(WORK TO BE COMPLETED) Only the lines with "AnyTiming" in the entries below belong in the answer; please copy them.

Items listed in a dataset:
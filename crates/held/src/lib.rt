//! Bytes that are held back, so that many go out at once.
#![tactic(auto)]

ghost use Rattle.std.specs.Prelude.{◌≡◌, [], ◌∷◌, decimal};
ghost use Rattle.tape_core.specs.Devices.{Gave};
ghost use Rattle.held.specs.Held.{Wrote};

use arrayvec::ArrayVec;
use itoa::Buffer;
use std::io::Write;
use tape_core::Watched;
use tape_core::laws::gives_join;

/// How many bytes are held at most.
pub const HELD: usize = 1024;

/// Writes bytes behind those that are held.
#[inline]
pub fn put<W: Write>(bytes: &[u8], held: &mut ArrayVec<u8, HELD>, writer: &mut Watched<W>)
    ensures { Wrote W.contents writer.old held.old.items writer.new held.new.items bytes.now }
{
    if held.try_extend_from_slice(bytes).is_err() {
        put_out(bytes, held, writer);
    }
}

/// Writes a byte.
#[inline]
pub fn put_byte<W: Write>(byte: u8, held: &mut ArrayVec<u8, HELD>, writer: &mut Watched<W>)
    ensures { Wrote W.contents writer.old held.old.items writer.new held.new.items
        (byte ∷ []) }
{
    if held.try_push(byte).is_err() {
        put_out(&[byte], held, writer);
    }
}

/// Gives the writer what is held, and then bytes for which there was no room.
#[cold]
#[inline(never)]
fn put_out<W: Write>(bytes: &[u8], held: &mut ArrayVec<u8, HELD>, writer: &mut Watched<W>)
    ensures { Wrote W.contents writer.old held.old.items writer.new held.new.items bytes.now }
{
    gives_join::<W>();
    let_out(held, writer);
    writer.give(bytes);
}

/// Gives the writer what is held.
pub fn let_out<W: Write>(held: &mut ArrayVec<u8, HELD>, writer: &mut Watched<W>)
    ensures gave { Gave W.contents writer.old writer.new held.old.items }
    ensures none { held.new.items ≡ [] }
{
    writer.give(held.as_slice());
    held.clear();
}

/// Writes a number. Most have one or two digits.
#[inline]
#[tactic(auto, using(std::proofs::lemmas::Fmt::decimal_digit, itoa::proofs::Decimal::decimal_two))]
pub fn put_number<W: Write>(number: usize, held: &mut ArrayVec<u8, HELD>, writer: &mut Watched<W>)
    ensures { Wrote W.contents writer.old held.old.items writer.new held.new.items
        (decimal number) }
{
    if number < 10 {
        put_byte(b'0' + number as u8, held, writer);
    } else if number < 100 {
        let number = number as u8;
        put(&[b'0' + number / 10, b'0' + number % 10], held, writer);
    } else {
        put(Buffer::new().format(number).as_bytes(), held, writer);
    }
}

---

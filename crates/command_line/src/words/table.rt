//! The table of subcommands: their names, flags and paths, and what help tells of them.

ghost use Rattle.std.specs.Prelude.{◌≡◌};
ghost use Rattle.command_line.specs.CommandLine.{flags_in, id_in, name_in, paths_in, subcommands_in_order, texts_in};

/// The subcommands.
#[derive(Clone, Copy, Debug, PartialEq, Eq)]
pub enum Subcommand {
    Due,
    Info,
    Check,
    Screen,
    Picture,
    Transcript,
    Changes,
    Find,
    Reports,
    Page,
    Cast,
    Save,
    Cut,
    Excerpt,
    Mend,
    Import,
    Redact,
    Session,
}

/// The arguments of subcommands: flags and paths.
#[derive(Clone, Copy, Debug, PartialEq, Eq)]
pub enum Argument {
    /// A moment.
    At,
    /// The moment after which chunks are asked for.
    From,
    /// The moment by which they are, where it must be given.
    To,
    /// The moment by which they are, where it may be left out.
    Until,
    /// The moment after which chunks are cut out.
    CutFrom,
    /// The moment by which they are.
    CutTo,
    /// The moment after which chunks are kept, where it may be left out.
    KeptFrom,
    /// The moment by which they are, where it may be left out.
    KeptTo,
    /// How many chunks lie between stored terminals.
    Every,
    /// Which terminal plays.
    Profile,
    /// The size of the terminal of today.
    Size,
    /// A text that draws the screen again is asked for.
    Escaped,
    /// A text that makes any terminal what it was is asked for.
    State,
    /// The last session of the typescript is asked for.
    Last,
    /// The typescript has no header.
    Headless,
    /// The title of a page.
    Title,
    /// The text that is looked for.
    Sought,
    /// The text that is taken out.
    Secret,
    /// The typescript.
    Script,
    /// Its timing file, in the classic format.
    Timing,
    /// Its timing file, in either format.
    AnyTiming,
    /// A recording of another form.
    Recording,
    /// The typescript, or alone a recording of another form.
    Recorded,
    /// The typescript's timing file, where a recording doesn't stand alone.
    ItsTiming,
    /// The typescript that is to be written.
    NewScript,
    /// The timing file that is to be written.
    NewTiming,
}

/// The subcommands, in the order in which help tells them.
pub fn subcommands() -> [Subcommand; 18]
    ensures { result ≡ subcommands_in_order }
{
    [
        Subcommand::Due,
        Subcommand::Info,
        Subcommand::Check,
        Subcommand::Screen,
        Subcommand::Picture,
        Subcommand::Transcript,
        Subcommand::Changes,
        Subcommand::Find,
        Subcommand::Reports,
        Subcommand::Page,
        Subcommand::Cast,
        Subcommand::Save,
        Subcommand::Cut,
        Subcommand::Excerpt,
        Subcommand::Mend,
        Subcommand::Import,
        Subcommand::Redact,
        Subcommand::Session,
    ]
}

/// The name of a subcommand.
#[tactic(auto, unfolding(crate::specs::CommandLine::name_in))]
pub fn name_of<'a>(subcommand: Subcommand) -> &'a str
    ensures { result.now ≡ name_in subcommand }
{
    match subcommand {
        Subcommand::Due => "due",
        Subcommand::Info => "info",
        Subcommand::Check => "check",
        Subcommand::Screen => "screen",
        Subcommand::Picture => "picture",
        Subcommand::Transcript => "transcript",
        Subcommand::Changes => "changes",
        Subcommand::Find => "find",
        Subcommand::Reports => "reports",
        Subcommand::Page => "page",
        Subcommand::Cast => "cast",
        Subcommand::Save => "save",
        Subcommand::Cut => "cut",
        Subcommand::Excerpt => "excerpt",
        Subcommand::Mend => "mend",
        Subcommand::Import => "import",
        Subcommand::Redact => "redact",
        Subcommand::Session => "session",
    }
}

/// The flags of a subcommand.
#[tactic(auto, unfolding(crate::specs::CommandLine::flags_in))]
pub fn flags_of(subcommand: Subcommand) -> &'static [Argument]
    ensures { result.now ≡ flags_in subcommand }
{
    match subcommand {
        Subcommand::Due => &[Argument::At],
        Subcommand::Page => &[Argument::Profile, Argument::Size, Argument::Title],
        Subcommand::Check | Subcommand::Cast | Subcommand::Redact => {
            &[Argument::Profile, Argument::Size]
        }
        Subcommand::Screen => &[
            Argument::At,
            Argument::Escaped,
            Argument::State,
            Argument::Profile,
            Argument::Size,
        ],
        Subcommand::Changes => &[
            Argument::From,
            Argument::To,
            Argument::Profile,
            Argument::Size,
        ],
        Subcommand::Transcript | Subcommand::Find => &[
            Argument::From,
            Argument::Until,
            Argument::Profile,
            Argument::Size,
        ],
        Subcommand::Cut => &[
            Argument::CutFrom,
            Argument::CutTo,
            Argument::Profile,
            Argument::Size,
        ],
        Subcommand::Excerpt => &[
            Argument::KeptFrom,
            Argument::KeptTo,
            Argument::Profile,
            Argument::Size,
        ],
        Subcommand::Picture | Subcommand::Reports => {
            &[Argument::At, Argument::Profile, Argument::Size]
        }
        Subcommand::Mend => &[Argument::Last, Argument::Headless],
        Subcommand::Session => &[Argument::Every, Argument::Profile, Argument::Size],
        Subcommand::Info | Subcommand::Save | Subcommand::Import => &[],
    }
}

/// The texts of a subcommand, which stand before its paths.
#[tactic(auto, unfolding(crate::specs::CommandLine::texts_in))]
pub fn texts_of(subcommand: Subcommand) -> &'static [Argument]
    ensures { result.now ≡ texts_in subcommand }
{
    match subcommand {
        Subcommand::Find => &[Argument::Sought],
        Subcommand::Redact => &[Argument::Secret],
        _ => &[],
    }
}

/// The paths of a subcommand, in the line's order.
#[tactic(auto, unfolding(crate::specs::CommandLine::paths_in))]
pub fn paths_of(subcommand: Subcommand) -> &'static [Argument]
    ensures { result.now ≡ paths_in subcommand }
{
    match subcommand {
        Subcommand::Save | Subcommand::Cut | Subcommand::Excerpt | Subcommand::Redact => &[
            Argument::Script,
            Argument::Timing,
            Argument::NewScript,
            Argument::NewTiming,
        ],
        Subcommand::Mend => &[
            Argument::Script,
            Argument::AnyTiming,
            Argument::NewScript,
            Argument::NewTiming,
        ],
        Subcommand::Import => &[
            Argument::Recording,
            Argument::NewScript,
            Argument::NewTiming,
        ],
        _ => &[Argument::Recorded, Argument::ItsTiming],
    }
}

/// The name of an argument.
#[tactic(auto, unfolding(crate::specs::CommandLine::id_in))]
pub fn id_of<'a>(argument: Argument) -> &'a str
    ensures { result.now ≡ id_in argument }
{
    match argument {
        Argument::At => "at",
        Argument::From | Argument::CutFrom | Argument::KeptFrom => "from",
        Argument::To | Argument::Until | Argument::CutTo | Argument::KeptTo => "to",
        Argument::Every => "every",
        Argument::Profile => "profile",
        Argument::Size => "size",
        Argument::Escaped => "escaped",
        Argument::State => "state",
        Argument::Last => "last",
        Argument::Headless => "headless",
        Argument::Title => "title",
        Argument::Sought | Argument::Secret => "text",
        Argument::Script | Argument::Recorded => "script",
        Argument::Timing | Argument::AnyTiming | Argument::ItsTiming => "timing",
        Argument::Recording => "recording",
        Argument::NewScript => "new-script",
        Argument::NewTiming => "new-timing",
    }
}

(TASK SOLUTION)
    AnyTiming,
            Argument::AnyTiming,
        Argument::Timing | Argument::AnyTiming | Argument::ItsTiming => "timing",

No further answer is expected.